### [Exercise brief]
Which lines of the data below hold "tests"? Copy each of them.

++++ Data

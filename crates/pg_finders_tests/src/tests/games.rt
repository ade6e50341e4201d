//! Games, some of them hostile to solvers, and parts of games.

ghost use Rattle.std.specs.Prelude.{◌≡◌, length};

use crate::tests::asserting::made;
use pg_finders::{Copied, Inside};
use pg_game::{Game, GameFault, Mask, Player};
use pg_test_support::{Draft, EVEN, ODD, Row, Vertex, game_of, mask_of, twice};
use std::alloc::Global;
use std::process::Abort;

/// A ring of eight vertices of Even's.
pub const EIGHT: &[Vertex] = &[
    (0, EVEN, &[1]),
    (0, EVEN, &[2]),
    (0, EVEN, &[3]),
    (0, EVEN, &[4]),
    (0, EVEN, &[5]),
    (0, EVEN, &[6]),
    (0, EVEN, &[7]),
    (0, EVEN, &[0]),
];

/// Its only choices.
pub const EIGHT_ROWS: &[Row] = &[
    (0, Some(1)),
    (1, Some(2)),
    (2, Some(3)),
    (3, Some(4)),
    (4, Some(5)),
    (5, Some(6)),
    (6, Some(7)),
    (7, Some(0)),
];

/// A ring of nine.
pub const NINE: &[Vertex] = &[
    (0, EVEN, &[1]),
    (0, EVEN, &[2]),
    (0, EVEN, &[3]),
    (0, EVEN, &[4]),
    (0, EVEN, &[5]),
    (0, EVEN, &[6]),
    (0, EVEN, &[7]),
    (0, EVEN, &[8]),
    (0, EVEN, &[0]),
];

/// The game of these vertices, of which nothing is said. It and masks are made once more if memory was refused.
pub fn game(rt: &impl Abort, alloc: Global, vertices: &[Vertex]) -> Game {
    made(rt, twice!(game_of(alloc, vertices)))
}

/// The game's part that the mask has, which has to be a subgame.
pub fn inside_of<'g>(rt: &impl Abort, game: &'g Game, mask: Mask) -> Inside<'g>
    requires { length mask ≡ length game.now }
    ensures { result.graph ≡ game.now }
{
    match Inside::new(game, mask) {
        Ok(inside) => inside,
        Err(_) => panic!(*rt; "no subgame"),
    }
}

/// All of the game.
pub fn whole<'g>(rt: &impl Abort, alloc: Global, game: &'g Game) -> Inside<'g>
    ensures { result.graph ≡ game.now }
{
    match Mask::full(alloc, game.len()) {
        Ok(mask) => inside_of(rt, game, mask),
        Err(_) => inside_of(rt, game, Mask::full(alloc, game.len()).expect(rt, "memory")),
    }
}

/// The mask with the members of a set.
pub fn mask(rt: &impl Abort, alloc: Global, game: &Game, members: u32) -> Mask
    ensures { length result ≡ length game.now }
{
    match mask_of(alloc, game.len(), members) {
        Ok(mask) => mask,
        Err(_) => mask_of(alloc, game.len(), members).expect(rt, "memory"),
    }
}

/// The game's part with the members of a set.
pub fn part<'g>(rt: &impl Abort, alloc: Global, game: &'g Game, members: u32) -> Inside<'g>
    ensures { result.graph ≡ game.now }
{
    inside_of(rt, game, mask(rt, alloc, game, members))
}

/// A copy of all of the game for a finder, of which nothing is said.
pub fn whole_copy<'g>(rt: &impl Abort, alloc: Global, game: &'g Game) -> Copied<'g> {
    Copied {
        inside: whole(rt, alloc, game),
        at: 0,
        settled: 0,
    }
}

/// What the vertices of a game are like, each of which has one successor.
#[derive(Clone, Copy)]
pub enum Form {
    /// Each is Even's, leads to itself, and has a priority of its own.
    Loops,
    /// Each is Even's, leads to itself, and has an even priority of its own.
    EvenLoops,
    /// Each is Odd's and leads to the next, the last to itself, and priorities rise.
    Chain,
    /// Each is Even's and leads to the first, and priorities rise.
    Star,
}

impl Form {
    /// The priority, the owner and the successor of a vertex of `n`.
    fn row(self, v: u32, n: u32) -> (u32, Player, u32) {
        let next = v.saturating_add(1);
        match self {
            Form::Loops => (v, EVEN, v),
            Form::EvenLoops => (v.saturating_mul(2), EVEN, v),
            Form::Chain if next < n => (v, ODD, next),
            Form::Chain => (v, ODD, v),
            Form::Star => (v, EVEN, 0),
        }
    }
}

fn add(
    rt: &impl Abort,
    alloc: Global,
    draft: &mut Draft,
    (priority, owner, to): (u32, Player, u32),
) {
    draft
        .add(alloc, priority, owner, [to].as_slice())
        .expect(rt, "memory");
}

/// The game of `n` vertices of a form.
pub fn formed(rt: &impl Abort, alloc: Global, form: Form, n: u32) -> Game {
    let mut draft = Draft::new(alloc);
    for v in 0..n {
        add(rt, alloc, &mut draft, form.row(v, n));
    }
    draft.game(alloc).expect(rt, "a game")
}

/// 200 vertices, of which each is Even's, has an odd priority and leads to all.
pub fn dense(rt: &impl Abort, alloc: Global) -> Game {
    made(rt, dense_of(alloc, 200))
}

fn dense_of(alloc: Global, n: u32) -> Result<Game, GameFault> {
    let mut successors = Vec::new(alloc);
    for v in 0..n {
        successors.push(v)?;
    }
    let mut draft = Draft::new(alloc);
    for _v in 0..n {
        draft.add(alloc, 1, EVEN, successors.as_slice())?;
    }
    draft.game(alloc)
}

++++++++

### [Solution for this problem]
filename crates/pg_finders_tests/src/tests/games.rt
use crate::tests::asserting::made;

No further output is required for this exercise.